# Why should the relation (current density)= (resistivity)×(velocity of charge) [$j = ρ v$] be applied to each type of charge carriers separately?

This is from the class 12 physics NCERT Part I.

The relation $$\mathbf{j} = \rho\mathbf{v}$$ should be applied to each type of charge carriers eeparately. In a conducting wire, the total current and charge density arises from both positive and negative charges:
$$\mathbf{j} = \rho_+\mathbf{v}_+ + \rho_-\mathbf{v}_-$$
$$\rho = \rho_+ + \rho_-$$
Now in a neutral wire carrying electric current,
$$\rho_+ = -\rho_-$$
Further, $$v_+ \approx 0$$ which gives
$$\rho = 0$$
$$\mathbf{j} = \rho_-\mathbf{v}$$
Thus, the relation $$\mathbf{j} = \rho\mathbf{v}$$ does not apply to the total current charge density.

I'm having trouble understanding this point, mainly the part about the positive charge velocity being zero and the need to apply the formula separately for positive and negative charges. Any help is appreciated.

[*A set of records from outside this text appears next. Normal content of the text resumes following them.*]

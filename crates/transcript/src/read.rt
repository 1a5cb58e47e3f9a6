//! The parts of a line. Each reader finds its part in a text that begins with it. Of other texts it may make anything:
//! `parse_line` compares the text of the line that it makes with the whole.

ghost use Rattle.std.specs.Prelude.{◌≡◌, ℕ, ◌+◌, ◌-◌, ◌*◌, ◌<◌, ◌≤◌, IfOk, length};
ghost use Rattle.transcript.specs.Reading.{Reads, word_at, with_digit, digits_from, field_at, bytes_at, lane_of, event_at, status_at, outcome_at, digest_at};

use crate::{NotALine, Outcome};
use mig_base::LaneNo;
use nvm_values::Status;

/// What comes after a word.
pub fn word<'a>(text: &'a [u8], word: &[u8]) -> Result<&'a [u8], NotALine>
    ensures { Reads (λ rest. rest.now) result (word_at word.now text.now) }
{
    match text.strip_prefix(word) {
        Some(rest) => Ok(rest),
        None => Err(NotALine),
    }
}

/// A number with one more digit, or the largest that has 32 bits.
fn with_digit(n: u32, digit: u8) -> u32
    requires low { 48 ≤ digit }
    requires high { digit ≤ 57 }
    ensures { result ≡ with_digit n digit }
{
    let more = u64::from(n) * 10 + u64::from(digit - b'0');
    if more < 4_294_967_296 {
        more as u32
    } else {
        u32::MAX
    }
}

/// The number whose digits begin the text, and what comes after them.
#[tactic(auto, unfolding(crate::specs::Reading::digits_from))]
fn digits(text: &[u8]) -> (u32, &[u8])
    ensures { (result.0, result.1.now) ≡ digits_from 0 text.now }
{
    let mut n = 0;
    let mut rest = text;
    while let [digit @ b'0'..=b'9', after @ ..] = rest {
        n = with_digit(n, *digit);
        rest = after;
    }
    (n, rest)
}

/// A number, and what comes after the byte that ends it.
#[tactic(auto, unfolding(crate::specs::Reading::field_at))]
pub fn field(text: &[u8]) -> (u32, &[u8])
    ensures { (result.0, result.1.now) ≡ field_at text.now }
{
    let (n, rest) = digits(text);
    match rest {
        [_, after @ ..] => (n, after),
        [] => (n, rest),
    }
}

/// Fills `out`, at most 32 bytes, from hexadecimal digits in either case, and gives what comes after them.
#[tactic(auto, unfolding(crate::specs::Reading::bytes_at))]
fn bytes<'a>(text: &'a [u8], out: &mut [u8]) -> Result<&'a [u8], NotALine>
    requires { length out.old ≤ 32 }
    ensures { Reads (λ rest. (out.new, rest.now)) result (bytes_at (length out.old) text.now) }
{
    let used = 2 * out.len();
    if text.len() < used {
        return Err(NotALine);
    }
    match hex::decode_to_slice(&text[..used], out) {
        Ok(()) => Ok(&text[used..]),
        Err(_) => Err(NotALine),
    }
}

/// The lane of that number, if there is one.
pub fn lane(n: u32) -> Result<LaneNo, NotALine>
    ensures { Reads (λ k. k) result (lane_of n) }
{
    if n > 8 {
        return Err(NotALine);
    }
    match LaneNo::new(n as u8) {
        Some(lane) => Ok(lane),
        None => Err(NotALine),
    }
}

/// A lane and a command's identifier.
#[tactic(auto, unfolding(crate::specs::Reading::event_at))]
pub fn event(text: &[u8]) -> Result<((LaneNo, u16), &[u8]), NotALine>
    ensures { Reads (λ x. (x.0, x.1.now)) result (event_at text.now) }
{
    let (k, rest) = field(text);
    let (cid, rest) = field(rest);
    let lane = lane(k)?;
    if cid > 65535 {
        return Err(NotALine);
    }
    Ok(((lane, cid as u16), rest))
}

/// A status, and what comes after the byte that ends it.
#[tactic(auto, unfolding(crate::specs::Reading::status_at))]
pub fn status(text: &[u8]) -> Result<(Status, &[u8]), NotALine>
    ensures { Reads (λ x. (x.0, x.1.now)) result (status_at text.now) }
{
    let (sct, rest) = field(text);
    let mut sc = [0];
    let rest = bytes(rest, &mut sc)?;
    if sct > 7 {
        return Err(NotALine);
    }
    let status = Status::new(sct as u8, sc[0]);
    match rest {
        [_, after @ ..] => Ok((status, after)),
        [] => Ok((status, rest)),
    }
}

/// How a piece ended, and what comes after it.
#[tactic(auto, unfolding(crate::specs::Reading::outcome_at))]
pub fn outcome(text: &[u8]) -> Result<(Outcome, &[u8]), NotALine>
    ensures { Reads (λ x. (x.0, x.1.now)) result (outcome_at text.now) }
{
    if let Ok(rest) = word(text, b"ok") {
        return Ok((Outcome::Done, rest));
    }
    if let Ok(rest) = word(text, b"fault ") {
        let (at, rest) = digits(rest);
        return Ok((Outcome::Faulted { at }, rest));
    }
    let rest = word(text, b"differs ")?;
    let (at, rest) = digits(rest);
    Ok((Outcome::Differs { at }, rest))
}

/// What stands behind an outcome: a space and a digest, or none.
#[tactic(auto, unfolding(crate::specs::Reading::digest_at))]
pub fn digest(text: &[u8]) -> Result<Option<[u8; 32]>, NotALine>
    ensures { Reads (λ d. d) result (digest_at text.now) }
{
    match word(text, b" ") {
        Err(_) => Ok(None),
        Ok(rest) => {
            let mut digest = [0; 32];
            bytes(rest, &mut digest)?;
            Ok(Some(digest))
        }
    }
}
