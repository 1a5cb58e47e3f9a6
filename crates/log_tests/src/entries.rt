//! Changes, and logs to which they are posted.
ghost use Rattle.std.specs.Prelude.{◌≡◌, ◌<◌, ◌≤◌, IfOk, false, length, true};
ghost use Rattle.data_queue.specs.Change.{IsChange};

use data_queue::{Change, DataQueue};
use mig_base::Span;
use std::alloc::Global;
use std::test::Fail;

/// The change of one block.
pub(crate) fn change(first: u32) -> Change
    requires { first < 131072 }
    ensures { IsChange result }
{
    Change {
        span: Span { first, count: 1 },
    }
}

/// A live queue of so many cells.
pub(crate) fn live_queue(alloc: Global, cells: u32) -> Result<DataQueue, Fail>
    requires { (2 ≤ cells) × (cells ≤ 65536) }
    ensures { IfOk result (λ q. (q.live ≡ true) × (q.marked ≡ false) × (length q.cells ≡ cells)) }
{
    let mut queue = DataQueue::make(alloc, cells).ok().ok_or("queue")?;
    if !queue.create() {
        return Err(Fail::from("not created"));
    }
    Ok(queue)
}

• the part about the positive potential being zero? Note that $\mathbf{v}$ means "velocity", but not "potential". – Thomas Fritsch Jul 13 at 11:19
• oh you're right! thanks!! – laksheya Jul 13 at 12:25

1. The fact that the wire is electrically neutral means, that the positive and negative charge densities are equal. Hence, $$\rho_+ = \rho_-$$. Since the the total charge density is simply the sum of these two densities we obtain $$\rho_{tot} = \rho_+ + \rho_- = 0$$. This simply states, that the wire is electrically neutral.
2. The fact that the protons are bound in the solid structure of the wire means, that they can not change their position. Hence, their mean velocity vanishes, $$v_+ = 0$$. In contrast the electron gas is free to travel along the wire. Thus if we apply a voltage across the wire, they move towards the anode (=positively charges side). Hence, their mean velocity is non-vanishing, $$v_- \ne 0$$.
3a. In principle a current density (or simply a current) can be due to a either a movement of the positiv or the negativ charges in the body. Thus, $$j_{tot} = j_+ + j_- = \rho_+ v_+ + \rho_- v_-$$.
3b. The positiv charges are not moving. Thus $$v_+=0$$ so that $$j_+=0$$. Thus, we obtain $$j_{tot} = j_+ + j_- = \rho_+ v_+ + \rho_- v_- = \rho_- v_-$$ Note, that we do not (!) imply $$\rho_+=0$$, as this would be wrong: We have $$\rho_+ = \rho_- \ne 0$$.